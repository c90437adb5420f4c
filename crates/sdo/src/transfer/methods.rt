//! A transfer's start in its frame, and back.
ghost use Rattle.std.specs.Prelude.{◌≡◌, ◌<◌};
ghost use Rattle.sdo.specs.FrameData.{value_in};
ghost use Rattle.sdo.specs.Transfers.{transfer_bits, transfer_bytes, transfer_in, expedited_in, shown_transfer};

use super::Transfer;
use crate::frame_data::ExpeditedData;
use crate::layout::number;

impl Transfer {
    /// The low four bits of a start's b0.
    pub fn bits(self) -> u8
        ensures value { result ≡ transfer_bits (shown_transfer self) }
        ensures bound { result < 16 }
    {
        match self {
            Transfer::Expedited { data } => 4 * data.unused() as u8 + 3,
            Transfer::Segmented { size } => size.is_some() as u8,
        }
    }

    /// A start's b4 to b7.
    pub fn bytes(self) -> [u8; 4]
        ensures { result ≡ transfer_bytes (shown_transfer self) }
    {
        match self {
            Transfer::Expedited { data } => data.padded(),
            Transfer::Segmented { size } => size.unwrap_or(0).to_le_bytes(),
        }
    }

    /// What the eight bytes of a start say.
    pub fn from_frame(bytes: [u8; 8]) -> Transfer
        ensures { shown_transfer result ≡ transfer_in bytes }
    {
        if bytes[0] / 2 % 2 == 1 {
            return Transfer::Expedited {
                data: expedited(bytes),
            };
        }
        Transfer::Segmented {
            size: (bytes[0] % 2 == 1).then_some(number(bytes)),
        }
    }
}

/// The data of an expedited start: all four bytes where no number of unused ones stands.
fn expedited(bytes: [u8; 8]) -> ExpeditedData
    ensures { value_in result ≡ expedited_in bytes }
{
    let unused = if bytes[0] % 2 == 1 {
        bytes[0] / 4 % 4
    } else {
        0
    };
    ExpeditedData::fitting(&bytes[4..8 - unused as usize])
}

_ _ _ _ _

▸ **Exercise description**
Find each line above with the string "start", then report how many there are. Write only the number.

▸ **Task solution**
5